◆ Assigned task:
Below are the records; print them all without any alteration.

◆ Available records:
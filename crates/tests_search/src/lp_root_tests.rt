use cert_checker::{check, lines_are_bytes};
use certificate::{Certificate, Claim, Leaf, Tree, read_certificate, write_certificate};
use fixtures::{Item, MACHINE, MADE, PLAIN, Resource, instance, instance_alike, shop};
use lot_model::Instance;
use lp_root::{Root, RootSays, root};
use std::alloc::Global;
use std::process::Abort;

// The machine, with this capacity in each period.
fn machine(capacity: &[i64]) -> Resource {
    Resource {
        name: "m",
        capacity,
    }
}

// The text of a certificate of the cuts and the leaf.
fn text_of(rt: &impl Abort, alloc: Global, claim: Claim, found: Root) -> Vec<u8> {
    let certificate = Certificate {
        version: 1,
        claim,
        cuts: found.cuts,
        tree: Tree::Leaf(found.leaf.expect(rt, "no leaf")),
    };
    write_certificate(alloc, &certificate).expect(rt, "memory")
}

// Whether the cuts and the leaf, as a certificate that is written and read back, prove a claim.
fn proves(rt: &impl Abort, alloc: Global, instance: &Instance, claim: Claim, found: Root) -> bool {
    lines_are_bytes();
    let bytes = text_of(rt, alloc, claim, found);
    if bytes.len() > 10_000 {
        panic!(rt; "too long");
    }
    match read_certificate(alloc, &bytes) {
        Ok(read) => check(alloc, instance, &read, None).is_ok(),
        Err(_) => panic!(rt; "not read"),
    }
}

// Whether the root of an instance proves a claim.
fn root_proves(rt: &impl Abort, alloc: Global, instance: &Instance, claim: Claim) -> bool {
    let found = root(alloc, instance).expect(rt, "memory");
    proves(rt, alloc, instance, claim, found)
}

// What is said at the root, the number of its cuts, and whether there is no leaf.
fn said(rt: &impl Abort, alloc: Global, instance: &Instance) -> (RootSays, usize, bool) {
    let found = root(alloc, instance).expect(rt, "memory");
    (found.says, found.cuts.len(), found.leaf.is_none())
}

// Whether the root's leaf is one of a sum of rows, and whether it is one that refutes them.
fn kinds(rt: &impl Abort, alloc: Global, instance: &Instance) -> (bool, bool) {
    let found = root(alloc, instance).expect(rt, "memory");
    (
        matches!(&found.leaf, Some(Leaf::Linear { .. })),
        matches!(&found.leaf, Some(Leaf::Farkas { .. })),
    )
}

#[test]
fn a_shop_is_closed(rt: HostRuntime) {
    let alloc = rt.alloc();
    let instance = shop(alloc).expect(&rt, "an instance");
    let (says, cuts, _) = said(&rt, alloc, &instance);
    assert_eq!(rt; (says, cuts >= 2), (RootSays::Closed(20), true));
    assert_eq!(rt; kinds(&rt, alloc, &instance), (true, false));
    assert!(rt; root_proves(&rt, alloc, &instance, Claim::Bound(20)));
    assert!(rt; !root_proves(&rt, alloc, &instance, Claim::Bound(21)));
}

// A, which is asked for in the second period, and two of B that go into each.
fn bill(rt: &impl Abort, alloc: Global) -> Instance {
    let upper = Item {
        demand: &[0, 5],
        setup_cost: &[10],
        hold_cost: &[3],
        needs: &[("B", 2)],
        ..PLAIN
    };
    let lower = Item {
        name: "B",
        setup_cost: &[10],
        hold_cost: &[1],
        ..PLAIN
    };
    instance(alloc, 2, &[], &[upper, lower]).expect(rt, "an instance")
}

#[test]
fn a_bill_is_closed(rt: HostRuntime) {
    let alloc = rt.alloc();
    let instance = bill(&rt, alloc);
    let (says, _, _) = said(&rt, alloc, &instance);
    assert_eq!(rt; says, RootSays::Closed(20));
    assert!(rt; root_proves(&rt, alloc, &instance, Claim::Bound(20)));
}

// One item of which 10 are asked for, with 9 hours on the machine.
fn too_little(rt: &impl Abort, alloc: Global) -> Instance {
    let only = Item {
        demand: &[10],
        uses: &[("m", 1, 0)],
        ..PLAIN
    };
    instance(alloc, 1, &[machine(&[9])], &[only]).expect(rt, "an instance")
}

#[test]
fn too_little_time_is_empty(rt: HostRuntime) {
    let alloc = rt.alloc();
    let instance = too_little(&rt, alloc);
    let (says, _, _) = said(&rt, alloc, &instance);
    assert_eq!(rt; says, RootSays::Empty);
    assert_eq!(rt; kinds(&rt, alloc, &instance), (false, true));
    assert!(rt; root_proves(&rt, alloc, &instance, Claim::Infeasible));
}

// 40 items over 60 periods on the machine.
fn large(rt: &impl Abort, alloc: Global) -> Instance {
    let item = Item {
        demand: &[1],
        setup_cost: &[1],
        hold_cost: &[1],
        uses: &[("m", 1, 0)],
        ..PLAIN
    };
    instance_alike(alloc, 60, &[machine(&[100])], 40, &item).expect(rt, "an instance")
}

#[test]
fn a_large_program_is_skipped(rt: HostRuntime) {
    let alloc = rt.alloc();
    let instance = large(&rt, alloc);
    // 9,740 rows and 7,200 columns.
    let skipped = RootSays::Skipped { cells: 70_144_941 };
    assert_eq!(rt; said(&rt, alloc, &instance), (skipped, 0, true));
}

// An item that takes no time on the machine.
const ALONE: Item<'static> = Item { uses: &[], ..MADE };

// That item, beside the machine.
fn by_itself(rt: &impl Abort, alloc: Global) -> Instance {
    instance(alloc, 2, &[MACHINE], &[ALONE]).expect(rt, "an instance")
}

#[test]
fn an_item_by_itself_is_uncoupled(rt: HostRuntime) {
    let alloc = rt.alloc();
    let instance = by_itself(&rt, alloc);
    assert_eq!(rt; said(&rt, alloc, &instance), (RootSays::Uncoupled, 0, true));
}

◆ Output for this exercise:
filename crates/tests_search/src/lp_root_tests.rt
use cert_checker::{check, lines_are_bytes};
use certificate::{Certificate, Claim, Leaf, Tree, read_certificate, write_certificate};
use fixtures::{Item, MACHINE, MADE, PLAIN, Resource, instance, instance_alike, shop};
use lot_model::Instance;
use lp_root::{Root, RootSays, root};
use std::alloc::Global;
use std::process::Abort;

// The machine, with this capacity in each period.
fn machine(capacity: &[i64]) -> Resource {
    Resource {
        name: "m",
        capacity,
    }
}

// The text of a certificate of the cuts and the leaf.
fn text_of(rt: &impl Abort, alloc: Global, claim: Claim, found: Root) -> Vec<u8> {
    let certificate = Certificate {
        version: 1,
        claim,
        cuts: found.cuts,
        tree: Tree::Leaf(found.leaf.expect(rt, "no leaf")),
    };
    write_certificate(alloc, &certificate).expect(rt, "memory")
}

// Whether the cuts and the leaf, as a certificate that is written and read back, prove a claim.
fn proves(rt: &impl Abort, alloc: Global, instance: &Instance, claim: Claim, found: Root) -> bool {
    lines_are_bytes();
    let bytes = text_of(rt, alloc, claim, found);
    if bytes.len() > 10_000 {
        panic!(rt; "too long");
    }
    match read_certificate(alloc, &bytes) {
        Ok(read) => check(alloc, instance, &read, None).is_ok(),
        Err(_) => panic!(rt; "not read"),
    }
}

// Whether the root of an instance proves a claim.
fn root_proves(rt: &impl Abort, alloc: Global, instance: &Instance, claim: Claim) -> bool {
    let found = root(alloc, instance).expect(rt, "memory");
    proves(rt, alloc, instance, claim, found)
}

// What is said at the root, the number of its cuts, and whether there is no leaf.
fn said(rt: &impl Abort, alloc: Global, instance: &Instance) -> (RootSays, usize, bool) {
    let found = root(alloc, instance).expect(rt, "memory");
    (found.says, found.cuts.len(), found.leaf.is_none())
}

// Whether the root's leaf is one of a sum of rows, and whether it is one that refutes them.
fn kinds(rt: &impl Abort, alloc: Global, instance: &Instance) -> (bool, bool) {
    let found = root(alloc, instance).expect(rt, "memory");
    (
        matches!(&found.leaf, Some(Leaf::Linear { .. })),
        matches!(&found.leaf, Some(Leaf::Farkas { .. })),
    )
}

#[test]
fn a_shop_is_closed(rt: HostRuntime) {
    let alloc = rt.alloc();
    let instance = shop(alloc).expect(&rt, "an instance");
    let (says, cuts, _) = said(&rt, alloc, &instance);
    assert_eq!(rt; (says, cuts >= 2), (RootSays::Closed(20), true));
    assert_eq!(rt; kinds(&rt, alloc, &instance), (true, false));
    assert!(rt; root_proves(&rt, alloc, &instance, Claim::Bound(20)));
    assert!(rt; !root_proves(&rt, alloc, &instance, Claim::Bound(21)));
}

// A, which is asked for in the second period, and two of B that go into each.
fn bill(rt: &impl Abort, alloc: Global) -> Instance {
    let upper = Item {
        demand: &[0, 5],
        setup_cost: &[10],
        hold_cost: &[3],
        needs: &[("B", 2)],
        ..PLAIN
    };
    let lower = Item {
        name: "B",
        setup_cost: &[10],
        hold_cost: &[1],
        ..PLAIN
    };
    instance(alloc, 2, &[], &[upper, lower]).expect(rt, "an instance")
}

#[test]
fn a_bill_is_closed(rt: HostRuntime) {
    let alloc = rt.alloc();
    let instance = bill(&rt, alloc);
    let (says, _, _) = said(&rt, alloc, &instance);
    assert_eq!(rt; says, RootSays::Closed(20));
    assert!(rt; root_proves(&rt, alloc, &instance, Claim::Bound(20)));
}

// One item of which 10 are asked for, with 9 hours on the machine.
fn too_little(rt: &impl Abort, alloc: Global) -> Instance {
    let only = Item {
        demand: &[10],
        uses: &[("m", 1, 0)],
        ..PLAIN
    };
    instance(alloc, 1, &[machine(&[9])], &[only]).expect(rt, "an instance")
}

#[test]
fn too_little_time_is_empty(rt: HostRuntime) {
    let alloc = rt.alloc();
    let instance = too_little(&rt, alloc);
    let (says, _, _) = said(&rt, alloc, &instance);
    assert_eq!(rt; says, RootSays::Empty);
    assert_eq!(rt; kinds(&rt, alloc, &instance), (false, true));
    assert!(rt; root_proves(&rt, alloc, &instance, Claim::Infeasible));
}

// 40 items over 60 periods on the machine.
fn large(rt: &impl Abort, alloc: Global) -> Instance {
    let item = Item {
        demand: &[1],
        setup_cost: &[1],
        hold_cost: &[1],
        uses: &[("m", 1, 0)],
        ..PLAIN
    };
    instance_alike(alloc, 60, &[machine(&[100])], 40, &item).expect(rt, "an instance")
}

#[test]
fn a_large_program_is_skipped(rt: HostRuntime) {
    let alloc = rt.alloc();
    let instance = large(&rt, alloc);
    // 9,740 rows and 7,200 columns.
    let skipped = RootSays::Skipped { cells: 70_144_941 };
    assert_eq!(rt; said(&rt, alloc, &instance), (skipped, 0, true));
}

// An item that takes no time on the machine.
const ALONE: Item<'static> = Item { uses: &[], ..MADE };

// That item, beside the machine.
fn by_itself(rt: &impl Abort, alloc: Global) -> Instance {
    instance(alloc, 2, &[MACHINE], &[ALONE]).expect(rt, "an instance")
}

#[test]
fn an_item_by_itself_is_uncoupled(rt: HostRuntime) {
    let alloc = rt.alloc();
    let instance = by_itself(&rt, alloc);
    assert_eq!(rt; said(&rt, alloc, &instance), (RootSays::Uncoupled, 0, true));
}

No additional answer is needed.